Band structures and $\mathbb{Z}_2$ invariants of two-dimensional transition metal dichalcogenide monolayers from fully-relativistic Dirac-Kohn-Sham theory using Gaussian-type orbitals

TL;DR

This paper introduces a fully-relativistic all-electron Gaussian-type orbital method for calculating band structures and topological invariants of 2D transition metal dichalcogenides, addressing convergence and basis set issues.

Contribution

It develops a systematic approach for relativistic GTO basis set convergence in 2D materials, enabling accurate predictions of SOC effects without pseudopotentials.

Findings

Demonstrates the method's viability with large basis sets

Calculates relativistic band structures and $ ext{Z}_2$ invariants

Analyzes SOC-driven properties like Rashba splitting

Abstract

Two-dimensional (2D) materials exhibit a wide range of remarkable phenomena, many of which owe their existence to the relativistic spin-orbit coupling (SOC) effects. To understand and predict properties of materials containing heavy elements, such as the transition-metal dichalcogenides (TMDs), relativistic effects must be taken into account in first-principles calculations.
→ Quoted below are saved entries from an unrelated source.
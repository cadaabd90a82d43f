//! Logs: what is found in bytes, and what a stop leaves of a flush and of a reset.
ghost use Rattle.std.specs.Prelude.{◌≤◌, length, IfOk};

use crate::expect::equal;
use lc_disk::{Area, Choice, Fuse, MemArea, Stoppable, When};
use lc_log::{Failed, NodeLog, walk};
use lc_record::Group;
use std::alloc::{AllocError, Global};
use std::test::Fail;

// The records of node 0 under the locks 1:1 and 1:2, each with the bytes "hello" at 3 in segment 1.
const HELLO: [u64; 8] = [
    0x8_0001_01a5,
    0x1_0000,
    1,
    1,
    0x3_0000_0001,
    5,
    0x6f_6c6c_6568,
    8,
];

const AGAIN: [u64; 8] = [
    0x8_0001_01a5,
    0x1_0000,
    1,
    2,
    0x3_0000_0001,
    5,
    0x6f_6c6c_6568,
    8,
];

// The bytes of a log of 64 words, which has a word more.
const LOG_LEN: usize = 520;

// A group of the first record, or of both.
fn group_of(alloc: Global, both: bool) -> Result<Group, AllocError>
    ensures { IfOk result (λ group. length group.words ≤ 16) }
{
    let mut group = Group::new(alloc, 16)?;
    group.extend(&HELLO);
    if both {
        group.extend(&AGAIN);
    }
    Ok(group)
}

// A flush of such a group on a new log, of whose device this call fails.
fn flushed(
    alloc: Global,
    both: bool,
    call: u8,
) -> Result<Result<NodeLog<Fuse>, Failed<Fuse>>, Fail> {
    let group = group_of(alloc, both)?;
    let area = Fuse::new(MemArea::new(alloc, LOG_LEN)?, When::At(u64::from(call)));
    Ok(NodeLog::new(area).flush(&group))
}

// The area after such a flush, whose one fault is the call that fails.
fn failed(alloc: Global, both: bool, call: u8) -> Result<Fuse, Fail> {
    let area = flushed(alloc, both, call)?
        .err()
        .ok_or("the flush makes this call")?
        .area;
    if area.faults() != 1 {
        return Err(Fail::from("the device failed once"));
    }
    Ok(area)
}

// The bytes after a stop with this choice in such a flush, in the call that fails.
fn left_by_flush(alloc: Global, both: bool, call: u8, choice: Choice) -> Result<MemArea, Fail> {
    let mut area = failed(alloc, both, call)?;
    area.stop(&[choice]);
    Ok(area.into_area())
}

// How many records a walk over these bytes finds.
fn found(alloc: Global, bytes: &[u8]) -> Result<usize, AllocError> {
    Ok(walk(alloc, bytes)?.records.len())
}

// Whether both records are flushed, the call of the device that fails, and the records that each stop leaves. The
// calls are the write of the group, its sync, the opening of the gate, and the sync of that.
static OF_A_FLUSH: [(bool, u8, Choice, usize); 18] = [
    (false, 1, Choice::Keep, 0),
    (false, 1, Choice::Byte(0xa5), 0),
    (false, 2, Choice::Keep, 0),
    (false, 2, Choice::Stable, 0),
    (false, 2, Choice::Byte(0), 0),
    (false, 2, Choice::Byte(0xa5), 0),
    (false, 3, Choice::Keep, 0),
    (false, 3, Choice::Stable, 0),
    (false, 3, Choice::Byte(0xa5), 1),
    (false, 4, Choice::Keep, 1),
    (false, 4, Choice::Stable, 0),
    (false, 4, Choice::Byte(0), 0),
    (false, 4, Choice::Byte(0x7f), 0),
    (false, 4, Choice::Byte(0xa5), 1),
    (true, 2, Choice::Byte(0xa5), 0),
    (true, 4, Choice::Keep, 2),
    (true, 4, Choice::Stable, 0),
    (true, 4, Choice::Byte(0xa5), 2),
];

#[test]
fn a_stop_leaves_a_whole_group_or_none(rt: HostRuntime) -> Result<(), Fail> {
    for (row, (both, call, choice, records)) in OF_A_FLUSH.iter().enumerate() {
        let area = left_by_flush(rt.alloc(), *both, *call, *choice)?;
        let row = format_args!("row {row}, call {call}: the records");
        equal(&rt, &row, &found(rt.alloc(), area.bytes())?, records);
    }
    Ok(())
}

// Whether both records are flushed, how many calls are made, and the first and the last position that is dirty then. A
// group is one write behind its gate.
static DIRTY: [(bool, u8, usize, usize); 4] = [
    (false, 1, 1, 71),
    (false, 3, 0, 0),
    (true, 1, 1, 135),
    (true, 3, 0, 0),
];

#[test]
fn a_flush_makes_the_group_dirty_and_then_its_gate(rt: HostRuntime) -> Result<(), Fail> {
    for (both, calls, first, last) in &DIRTY {
        let next = calls.saturating_add(1);
        let area = left_by_flush(rt.alloc(), *both, next, Choice::Byte(0xee))?;
        for (at, byte) in area.bytes().iter().enumerate() {
            equal(
                &rt,
                &format_args!("both: {both}, {calls} calls: position {at} is dirty"),
                &(*byte == 0xee),
                &(*first <= at && at <= *last),
            );
        }
    }
    Ok(())
}

// The bytes of a log that is flushed and reset, with no fault, and then stopped.
fn reset(alloc: Global) -> Result<MemArea, Fail> {
    let log = flushed(alloc, true, 0)?.ok().ok_or("no call fails")?;
    let closing = log.reset_write().ok().ok_or("no call fails")?;
    let mut area = closing.reset_sync().ok().ok_or("no call fails")?.area;
    area.stop(&[Choice::Byte(0xa5)]);
    Ok(area.into_area())
}

#[test]
fn a_log_that_is_reset_has_no_record(rt: HostRuntime) -> Result<(), Fail> {
    let area = reset(rt.alloc())?;
    equal(&rt, &"the records", &found(rt.alloc(), area.bytes())?, &0);
    Ok(())
}
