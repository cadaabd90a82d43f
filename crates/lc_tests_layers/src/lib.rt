//! Tests by public names of the layers that stand below a store: areas, records, logs, pages, tokens and transactions.
#![tactic(auto)]

#[cfg(test)]
mod expect;
#[cfg(test)]
mod fake_file;
#[cfg(test)]
mod fault_texts;
#[cfg(test)]
mod files;
#[cfg(test)]
mod heap;
#[cfg(test)]
mod logs;
#[cfg(test)]
mod pages;
#[cfg(test)]
mod ranges;
#[cfg(test)]
mod records;
#[cfg(test)]
mod tokens;
#[cfg(test)]
mod transactions;
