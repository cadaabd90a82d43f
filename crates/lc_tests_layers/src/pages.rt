//! Pages: two slots take turns, and a stop leaves the old page or the new one.
ghost use Rattle.std.specs.Prelude.{◌≡◌, ◌+◌, ◌*◌, ◌≤◌, length, IfOk};
ghost use Rattle.lc_disk.specs.MemArea.{memory_now};

use crate::expect::equal;
use lc_disk::{Area, Choice, MemArea, Stoppable};
use lc_page::{Begun, PageFault, PageVector, PageWrite, Slot, Writing, page_bytes, read_page};
use std::alloc::Global;
use std::test::Fail;

const AREA_BYTES: usize = 1088;

// Two pages, of which the second has number 7 in its first slot and number 9 in its second, as many as these slots.
fn two_pages(slots: u8) -> [u8; AREA_BYTES] {
    let mut bytes = [0; AREA_BYTES];
    if slots > 0 {
        bytes[544] = 0xa5;
        bytes[552] = 7;
        bytes[560..816].fill(0x77);
    }
    if slots > 1 {
        bytes[816] = 0xa5;
        bytes[824] = 9;
        bytes[832..].fill(0x99);
    }
    bytes
}

// A write of the second of these pages under this number.
fn begun(
    alloc: Global,
    bytes: &[u8; AREA_BYTES],
    seq: u8,
) -> Result<Result<PageWrite<Begun>, PageFault>, Fail>
    ensures { IfOk result (λ begun. IfOk begun (λ w. w.draft.page ≡ 1)) }
{
    let pages = PageVector::new(alloc, &[read_page(bytes, 0), read_page(bytes, 1)])?;
    if pages.len() != 2 {
        return Err(Fail::from("there are two pages"));
    }
    Ok(PageWrite::begin(&pages, 1, &[0xaa; 256], u64::from(seq)))
}

// The first calls of a write, so many of them.
fn make_calls<D: Area>(area: &mut D, write: PageWrite<Begun>, calls: u8) -> Result<(), PageFault>
    requires { (2 * write.draft.page + 2) * 272 ≤ length (D.now area.old) }
    ensures { length (D.now area.new) ≡ length (D.now area.old) }
{
    let mut writing = Writing::begin(write, area)?;
    for _ in 1..calls {
        match writing.step(area)? {
            Some(next) => writing = next,
            None => return Ok(()),
        }
    }
    Ok(())
}

// What a stop leaves after so many calls of a write under this number, over the pages with so many slots.
fn left(alloc: Global, slots: u8, seq: u8, calls: u8, choice: Choice) -> Result<MemArea, Fail>
    ensures { IfOk result (λ area. length (memory_now area) ≡ 1088) }
{
    let bytes = two_pages(slots);
    let mut area = MemArea::from_bytes(alloc, &bytes)?;
    make_calls(&mut area, begun(alloc, &bytes, seq)??, calls)?;
    area.stop(&[choice]);
    Ok(area)
}

// How many slots there are, the number of a write, how many calls it makes, and which positions are dirty then: the
// first of them, and how many. The first slot begins at 544, and the second at 816.
static DIRTY: [(u8, u8, u8, Option<usize>, usize); 6] = [
    (0, 7, 1, None, 0),
    (0, 7, 3, Some(545), 271),
    (0, 7, 5, Some(544), 1),
    (1, 9, 1, None, 0),
    (1, 9, 5, Some(816), 1),
    (2, 10, 1, Some(544), 1),
];

// The first of these bytes that is 238, and how many are.
fn chosen(bytes: &[u8]) -> (Option<usize>, usize) {
    let mut first = None;
    let mut count = 0usize;
    for (i, byte) in bytes.iter().enumerate() {
        if *byte == 0xee {
            first = first.or(Some(i));
            count = count.wrapping_add(1);
        }
    }
    (first, count)
}

#[test]
fn a_write_makes_the_free_slot_dirty(rt: HostRuntime) -> Result<(), Fail> {
    for (slots, seq, calls, first, count) in &DIRTY {
        let area = left(rt.alloc(), *slots, *seq, *calls, Choice::Byte(0xee))?;
        equal(
            &rt,
            &format_args!("number {seq}, {calls} calls: first and count"),
            &chosen(area.bytes()),
            &(*first, *count),
        );
    }
    Ok(())
}

// The number and the first byte of the second page, and whether it stands in the second slot.
fn second_page(area: &MemArea) -> (u64, u8, bool)
    requires { length (memory_now area.now) ≡ 1088 }
{
    let bytes = area.bytes();
    let text = read_page(bytes, 1);
    let is_second = text.slot == Some(Slot::Second);
    (text.seq, page_bytes(bytes, 1)[0], is_second)
}

#[test]
fn numbers_go_to_the_free_slot_and_rise(rt: HostRuntime) -> Result<(), Fail> {
    let alloc = rt.alloc();
    let seventh = left(alloc, 0, 7, 6, Choice::Stable)?;
    equal(&rt, &"number 7", &second_page(&seventh), &(7, 0xaa, false));
    let ninth = left(alloc, 1, 9, 6, Choice::Stable)?;
    equal(&rt, &"number 9", &second_page(&ninth), &(9, 0xaa, true));
    let again = begun(alloc, &two_pages(2), 9)?.err();
    equal(&rt, &"number 9 again", &again, &Some(PageFault::NotNewer));
    Ok(())
}

static CHOICES: [Choice; 4] = [
    Choice::Keep,
    Choice::Stable,
    Choice::Byte(0),
    Choice::Byte(0xa5),
];

// How many calls of a write of number 10 over number 9 are made, and whether the page is the new one after a stop with
// each of these choices.
static LEFT: [(u8, [bool; 4]); 6] = [
    (1, [false; 4]),
    (2, [false; 4]),
    (3, [false; 4]),
    (4, [false; 4]),
    (5, [true, false, false, true]),
    (6, [true; 4]),
];

const OLD: (u64, u8, bool) = (9, 0x99, true);

const NEW: (u64, u8, bool) = (10, 0xaa, false);

#[test]
fn a_stop_leaves_the_old_page_or_the_new_one(rt: HostRuntime) -> Result<(), Fail> {
    for (calls, are_new) in &LEFT {
        for (number, choice) in CHOICES.iter().enumerate() {
            let area = left(rt.alloc(), 2, 10, *calls, *choice)?;
            let is_new = are_new.get(number) == Some(&true);
            let wanted = if is_new { NEW } else { OLD };
            let row = format_args!("{calls} calls, choice {number}");
            equal(&rt, &row, &second_page(&area), &wanted);
        }
    }
    Ok(())
}
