//! Records: words and what they say.
use crate::expect::equal;
use lc_record::{Items, Lock, RangeData, Record, View, check, decode, encode};
use std::alloc::{AllocError, Global};
use std::test::Fail;

// The record of node 0 under lock 1:1, with the bytes "hello" at 3 in segment 1.
const HELLO: [u64; 8] = [
    0x8_0001_01a5,
    0x1_0000,
    1,
    1,
    0x3_0000_0001,
    5,
    0x6f_6c6c_6568,
    8,
];

// The record of node 0 under lock 1:1, with eight zeros at 0 and one at 20 in segment 1.
const ZEROS: [u64; 11] = [
    0xb_0002_01a5,
    0x1_0000,
    1,
    1,
    1,
    8,
    0,
    0x14_0000_0001,
    1,
    0,
    11,
];

// The record of node 0 under locks 1:1 and 2:1, with the byte 11 at 0 in segment 1 and 22 at 0 in segment 2, in
// hexadecimal.
const BOTH: [u64; 13] = [
    0xd_0002_01a5,
    0x2_0000,
    1,
    1,
    2,
    1,
    1,
    1,
    0x11,
    2,
    1,
    0x22,
    13,
];

// The record of node 7 under locks 1:2 and 3:1, with "abcdefgh" at 0 and "i" at 9 in segment 1,
// and "jklmnopqr" at 100 in segment 3.
const LETTERS: [u64; 17] = [
    0x11_0003_01a5,
    0x2_0007,
    1,
    2,
    3,
    1,
    1,
    8,
    0x6867_6665_6463_6261,
    0x9_0000_0001,
    1,
    0x69,
    0x64_0000_0003,
    9,
    0x7170_6f6e_6d6c_6b6a,
    0x72,
    17,
];

// The record of node 0 under lock 1:1, with eight bytes at 16376 in segment 1: they end at 16384.
const NEAR: [u64; 8] = [
    0x8_0001_01a5,
    0x1_0000,
    1,
    1,
    0x3ff8_0000_0001,
    8,
    0x636c,
    8,
];

// The record of node 0 under lock 1:1, with the same bytes at 16380 in segment 1: the second version.
const FAR: [u64; 9] = [0x9_0001_02a5, 0x1_0000, 1, 1, 1, 16380, 8, 0x636c, 9];

// The same bytes at 16380 and at 16389.
const FAR_TWICE: [u64; 13] = [
    0xd_0002_02a5,
    0x1_0000,
    1,
    1,
    1,
    16380,
    8,
    0x636c,
    1,
    16389,
    8,
    0x636c,
    13,
];

const LC: &[u8] = &[0x6c, 0x63, 0x00, 0x00, 0x00, 0x00, 0x00, 0x00];

// What a record says: its node, the segment and the number of each lock, the segment, the offset and the bytes of each
// range, and its words.
struct Spelled {
    node: u16,
    locks: &'static [(u32, u64)],
    ranges: &'static [(u32, u32, &'static [u8])],
    words: &'static [u64],
}

static SPELLED: [Spelled; 7] = [
    Spelled {
        node: 0,
        locks: &[(1, 1)],
        ranges: &[(1, 3, b"hello")],
        words: &HELLO,
    },
    Spelled {
        node: 0,
        locks: &[(1, 1)],
        ranges: &[(1, 0, &[0; 8]), (1, 20, &[0])],
        words: &ZEROS,
    },
    Spelled {
        node: 0,
        locks: &[(1, 1), (2, 1)],
        ranges: &[(1, 0, &[0x11]), (2, 0, &[0x22])],
        words: &BOTH,
    },
    Spelled {
        node: 7,
        locks: &[(1, 2), (3, 1)],
        ranges: &[(1, 0, b"abcdefgh"), (1, 9, b"i"), (3, 100, b"jklmnopqr")],
        words: &LETTERS,
    },
    Spelled {
        node: 0,
        locks: &[(1, 1)],
        ranges: &[(1, 16376, LC)],
        words: &NEAR,
    },
    Spelled {
        node: 0,
        locks: &[(1, 1)],
        ranges: &[(1, 16380, LC)],
        words: &FAR,
    },
    Spelled {
        node: 0,
        locks: &[(1, 1)],
        ranges: &[(1, 16380, LC), (1, 16389, LC)],
        words: &FAR_TWICE,
    },
];

fn locks_of(alloc: Global, locks: &[(u32, u64)]) -> Result<Items<Lock>, AllocError> {
    let mut items = Vec::new(alloc);
    for (segment, seq) in locks {
        items.push(Lock {
            segment: *segment,
            seq: *seq,
        })?;
    }
    Ok(Items::new(items))
}

fn range_of(
    alloc: Global,
    segment: u32,
    offset: u32,
    bytes: &[u8],
) -> Result<RangeData, AllocError> {
    Ok(RangeData {
        segment,
        offset,
        bytes: Items::new(Vec::from_slice(alloc, bytes)?),
    })
}

fn ranges_of(alloc: Global, ranges: &[(u32, u32, &[u8])]) -> Result<Items<RangeData>, AllocError> {
    let mut items = Vec::new(alloc);
    for (segment, offset, bytes) in ranges {
        items.push(range_of(alloc, *segment, *offset, *bytes)?)?;
    }
    Ok(Items::new(items))
}

// How a record is written that says this.
fn words_of(alloc: Global, said: &Spelled) -> Result<Vec<u64>, Fail> {
    let record = Record {
        node: said.node,
        locks: locks_of(alloc, said.locks)?,
        ranges: ranges_of(alloc, said.ranges)?,
    };
    Ok(encode(alloc, &record)?)
}

// How the record is written that is read from these words, with another word after them.
fn words_again(alloc: Global, words: &[u64]) -> Result<(Vec<u64>, usize), Fail> {
    let mut longer = Vec::from_slice(alloc, words)?;
    longer.push(0xa5)?;
    let (record, len) = decode(alloc, &longer)?.ok_or("the words are a record")?;
    Ok((encode(alloc, &record)?, len))
}

#[test]
fn records_are_written_and_read(rt: HostRuntime) -> Result<(), Fail> {
    for (row, said) in SPELLED.iter().enumerate() {
        let written = words_of(rt.alloc(), said)?;
        equal(&rt, &row, &written.as_slice(), &said.words);
        let (again, len) = words_again(rt.alloc(), said.words)?;
        equal(
            &rt,
            &row,
            &(again.as_slice(), len),
            &(said.words, said.words.len()),
        );
    }
    Ok(())
}

// The words of a record, a place in them, and a word that makes them no record there.
static NO_RECORDS: [(&[u64], usize, u64); 23] = [
    // The gate closed and torn, another version, another length, what fills the data up, and the last word.
    (&HELLO, 0, 0x8_0001_0100),
    (&HELLO, 0, 0x8_0001_017f),
    (&HELLO, 0, 0x8_0001_02a5),
    (&HELLO, 0, 0x9_0001_01a5),
    (&HELLO, 6, 0x16f_6c6c_6568),
    (&HELLO, 7, 7),
    // No node 8, and the locks not ascending.
    (&LETTERS, 1, 0x2_0008),
    (&LETTERS, 4, 1),
    // A range that touches the one before it, and one before it.
    (&LETTERS, 9, 0x8_0000_0001),
    (&LETTERS, 6, 0x20_0000_0001),
    // A range of a segment with no lock, and a lock of a segment with no range.
    (&LETTERS, 12, 0x64_0000_0002),
    (&LETTERS, 12, 0x64_0000_0001),
    // A range that leaves its segment, and one of the first version that ends beyond 16384.
    (&LETTERS, 12, 0x3ff8_0000_0003),
    (&NEAR, 4, 0x3ff9_0000_0001),
    // The first version, and a third.
    (&FAR, 0, 0x9_0001_01a5),
    (&FAR, 0, 0x9_0001_03a5),
    // No segment, and one of more than 32 bits.
    (&FAR, 4, 0),
    (&FAR, 4, (1 << 32) + 1),
    // No range that ends beyond 16384, one that leaves its segment, and an offset of more than 32 bits.
    (&FAR, 5, 16376),
    (&FAR, 5, 262137),
    (&FAR, 5, (1 << 32) + 16380),
    // The last word, and ranges that touch.
    (&FAR, 8, 8),
    (&FAR_TWICE, 9, 16388),
];

// The words with the word at this place changed, and zeros after them.
fn broken(words: &[u64], place: usize, changed: u64) -> [u64; 17] {
    let mut broken = [0; 17];
    for (word, old) in broken.iter_mut().zip(words) {
        *word = *old;
    }
    if let Some(word) = broken.get_mut(place) {
        *word = changed;
    }
    broken
}

#[test]
fn other_words_are_no_record(rt: HostRuntime) {
    for (words, place, changed) in &NO_RECORDS {
        let row = format_args!("{changed} at {place} of {words:?}");
        equal(&rt, &row, &check(&broken(*words, *place, *changed)), &None);
    }
    for len in 0..8 {
        equal(
            &rt,
            &format_args!("{len} words"),
            &check(&HELLO[..len]),
            &None,
        );
    }
    // Of the second version, eight bytes and seven, and a byte that fills the data up and is not zero.
    equal(&rt, &"eight bytes", &check(&FAR), &Some(9));
    equal(&rt, &"seven bytes", &check(&broken(&FAR, 6, 7)), &Some(9));
    let mut filled = broken(&FAR, 6, 7);
    filled[7] = 0x0100_0000_0000_636c;
    equal(&rt, &"seven bytes and one", &check(&filled), &None);
}

#[test]
fn a_record_is_read_in_place(rt: HostRuntime) -> Result<(), Fail> {
    let view = View::at(&LETTERS, 0).ok_or("a record begins here")?;
    let counts = (view.len(), view.lock_count(), view.range_count());
    equal(&rt, &"words, locks and ranges", &counts, &(17, 2, 3));
    let mut bytes = [b'.'; 12];
    view.put_on(3, 96, &mut bytes);
    equal(&rt, &"the bytes", &&bytes, &b"....jklmnopq");
    Ok(())
}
We present an all-electron method based on the four-component Dirac Hamiltonian and Gaussian-type orbitals (GTOs) that overcomes complications associated with linear dependencies and ill-conditioned matrices that arise when diffuse functions are included in the basis. Until now, there has been no systematic study of the convergence of GTO basis sets for periodic solids either at the nonrelativistic or the relativistic level. Here we provide such a study of relativistic band structures of the 2D TMDs in the hexagonal (2H), tetragonal (1T), and distorted tetragonal (1T') structures, along with a discussion of their SOC-driven properties (Rashba splitting and $\mathbb{Z}_2$ topological invariants). We demonstrate the viability of our approach even when large basis sets with multiple basis functions involving various valence orbitals (denoted triple- and quadruple-$\zeta$) are used in the relativistic regime. Our method does not require the use of pseudopotentials and provides access to all electronic states within the same framework. Our study paves the way for direct studies of material properties, such as the parameters in spin Hamiltonians, that depend heavily on the electron density near atomic nuclei where relativistic and SOC effects are the strongest.